With last year’s enormously rapid migration toward digital transactions, crooks saw tons of new opportunities to exploit unaware online shoppers.
Synthetic identity fraud is one of the schemes that are steadily on the rise, where criminals use a mixture of factual and false information (including phone numbers, emails, physical addresses) – to build an identity that can be used to purchase products online.
These artificial identities are built to seem like a person who is “new to the world”, with just enough info to make it seem like someone who has recently changed their name or address. This is to make it seem like there is just enough pieces of info to where it is compelling to say that it’s a real person. Criminals then use these fake identities to get access to credit, and then use that to purchase goods online.
Security Experts have been aware of synthetic identity fraud since around January 2019, flagging it as one of the fastest-growing type of financial crime. Now, in 2021, with online stores bigger than ever, fraudsters are taking full advantage of this tactic.
How does this impact online merchants?
For the most part, your store most likely won’t be targeted by these fraudsters, but the trickle-down effect could still effect the eCommerce industry as a whole, as large-scale fraud increases the cost of business for everyone.
Also, since a fragment of the information criminals use is factual, retailers should secure their systems to prevent data breaches – to prevent the leaking of any personal information of their shoppers.
Ultimately, the impact of this, and other fraud schemes, might lower the chances of shoppers choosing an online retailer – costing merchants valuable business.
How are companies combating synthetic shoppers?
The problem with spotting synthetic identities, is locating what information is being manipulated and how.
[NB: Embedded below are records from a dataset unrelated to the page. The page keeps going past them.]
// The registers with a bit for each of 32 interrupts.
ghost use Rattle.std.specs.Prelude.{◌≡◌, ◌%◌, ◌<◌, length};
ghost use Rattle.model.specs.Layout.{count};
ghost use Rattle.model.specs.Registers.{FlagRow, flag_row, flags, shown_to, rule_for, read_flags, write_flags};
ghost use Rattle.registers.specs.Words.{flags_meant, shown_in};

use crate::views::Bank;
use model::Rule::{self, Clears, Ignores, Replaces, Sets};
use model::Shown::{self, Flag, Nothing, Pending};
use model::layout::{ACTIVE, BANK_LENGTH, ENABLED, GROUP, LATCH, LINE, State};
use model::values::FLAG_BITS;
use model::{By, Flags};
use std::marker::Model;
use words::{pending_of, written_under};

// ---- their table

// A row: the place of the flag in a bank, the least ID that has it, and how the guest and an attribute read and write it.
#[derive(Drop)]
struct Row {
    field: usize,
    from: usize,
    guest_shows: Shown,
    guest_rule: Rule,
    attribute_shows: Shown,
    attribute_rule: Rule,
}

// Contracts see it as the definitions' row.
impl Model for Row {
    ghost Value = { FlagRow };

    ghost view = { λ r. flag_row r.field r.from r.guest_shows r.guest_rule r.attribute_shows r.attribute_rule };

    ghost invariant = { λ r. (r.field < 16) × (r.from < 32) };
}

impl Row {
    fn new(field: usize, from: usize, guest: (Shown, Rule), attribute: (Shown, Rule)) -> Self
        requires field_in { field < 16 }
        requires from_in { from < 32 }
        ensures { result ≡ flag_row field from guest.0 guest.1 attribute.0 attribute.1 }
    {
        let (guest_shows, guest_rule) = guest;
        let (attribute_shows, attribute_rule) = attribute;
        Row {
            field,
            from,
            guest_shows,
            guest_rule,
            attribute_shows,
            attribute_rule,
        }
    }

    // What a register shows of it, to a guest or by attribute.
    #[tactic(auto, unfolding(model::specs::Registers::shown_to))]
    fn shown_to(&self, by: By) -> Shown
        ensures { result ≡ shown_to by self.now }
    {
        match by {
            By::Guest => self.guest_shows,
            By::Attribute => self.attribute_shows,
        }
    }

    // What a bit written to a register does to it, by a guest or by attribute.
    #[tactic(auto, unfolding(model::specs::Registers::rule_for))]
    fn rule_for(&self, by: By) -> Rule
        ensures { result ≡ rule_for by self.now }
    {
        match by {
            By::Guest => self.guest_rule,
            By::Attribute => self.attribute_rule,
        }
    }
}

// The row of a register: what it shows the guest and how the guest writes it, then the same for an attribute.
#[tactic(auto, unfolding(model::specs::Registers::flags))]
fn row_of(f: Flags) -> Row
    ensures { result ≡ flags f }
{
    match f {
        Flags::Group => Row::new(GROUP, 0, (Flag, Replaces), (Flag, Replaces)),
        Flags::SetEnable => Row::new(ENABLED, 0, (Flag, Sets), (Flag, Sets)),
        Flags::ClearEnable => Row::new(ENABLED, 0, (Flag, Clears), (Flag, Clears)),
        Flags::SetPending => Row::new(LATCH, 0, (Pending, Sets), (Flag, Replaces)),
        Flags::ClearPending => Row::new(LATCH, 0, (Pending, Clears), (Nothing, Ignores)),
        Flags::SetActive => Row::new(ACTIVE, 0, (Flag, Sets), (Flag, Sets)),
        Flags::ClearActive => Row::new(ACTIVE, 0, (Flag, Clears), (Flag, Clears)),
        Flags::Lines => Row::new(LINE, 16, (Nothing, Ignores), (Flag, Replaces)),
    }
}

// ---- reading and writing

// Of the interrupts of a bank that the view has, the mask of those from `from` on: 0, or 16 for lines, which SGIs do not have.
#[tactic(auto, using(crate::proofs::Meant::least))]
fn flags_meant(s: &State, bank: Bank, from: usize) -> u32
    requires in_steps { count s.now % 32 ≡ 0 }
    requires from_in { from < 32 }
    ensures { result ≡ flags_meant s.now bank.view from bank.k }
{
    let all = bank.interrupts(s);
    if bank.k == 0 {
        all & (FLAG_BITS << (from as u32))
    } else {
        all
    }
}

// What is shown of the flags in word `k` of a bank.
#[tactic(auto, unfolding(crate::specs::Words::shown_in))]
fn shown_in(words: &[u32], shown: Shown, k: usize) -> u32
    requires whole { length words.now ≡ 16 }
    requires word_in { k < 16 }
    ensures { result ≡ shown_in shown k words.now }
{
    match shown {
        Shown::Nothing => 0,
        Shown::Flag => words[k],
        Shown::Pending => pending_of(words),
    }
}

// The word of a register of flags for the interrupts of a bank.
#[tactic(auto, using(crate::proofs::Banks::reads))]
pub fn read_flags(s: &State, by: By, bank: Bank, f: Flags) -> u32
    requires { count s.now % 32 ≡ 0 }
    ensures { result ≡ read_flags s.now bank.view (flags f).field (flags f).from (shown_to by (flags f)) bank.k }
{
    let row = row_of(f);
    let at = bank.start();
    let shown = shown_in(&s[at..at + BANK_LENGTH], row.shown_to(by), row.field);
    shown & flags_meant(s, bank, row.from)
}

// Writes that word.
#[tactic(auto, using(crate::proofs::Banks::writes))]
pub fn write_flags(s: &mut State, by: By, bank: Bank, f: Flags, x: u32)
    requires { count s.old % 32 ≡ 0 }
    ensures { s.new ≡ write_flags s.old bank.view (flags f).field (flags f).from (rule_for by (flags f)) bank.k x }
{
    let row = row_of(f);
    let m = flags_meant(s, bank, row.from);
    let old = s[bank.start() + row.field];
    let new = written_under(row.rule_for(by), old, x, m);
    bank.put(s, row.field, new);
}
This makes it extremely difficult to detect and develop detection methods for this type of fraud, as all this information may look very real.
One of the companies on the frontlines of fighting online fraud , Experian, are attempting to artificial intelligence and machine learning to identify how criminals are manipulating data.
Experian then uses this information to target synthetic identities, but this approach requires a large amount of data to be collection in order to compare and cross reference information – to spot small statsitical anomalies.
Even the U.S Federal Reserve System is working stakeholders to fight this incredibly nuanced fraud method.
However, Experian has run into a big problem using this method – false positives, which might lead to suspecting a perfectly good customer of fraud. Unfortunately, this is just the nature of artificial intelligence, as it learns from its own mistakes; whether you are an online store or a bank, you don’t want to lose a customer like that.
A light at the end of the tunnel though, is that there is value in selling the product to someone who is potentially a criminal, but might not be. This is where artificial intellegence comes in handy – as a second line of defence. In this scenario, the AI will flag a potential high-risk consumer, but it is up to the owner of the store to decide how to manage that risk. This is very helpful, as the store owner can then attempt to reach out to the customer, to ensure their validity. Although this sacrifices frictionless shopping, it is well worth the effort.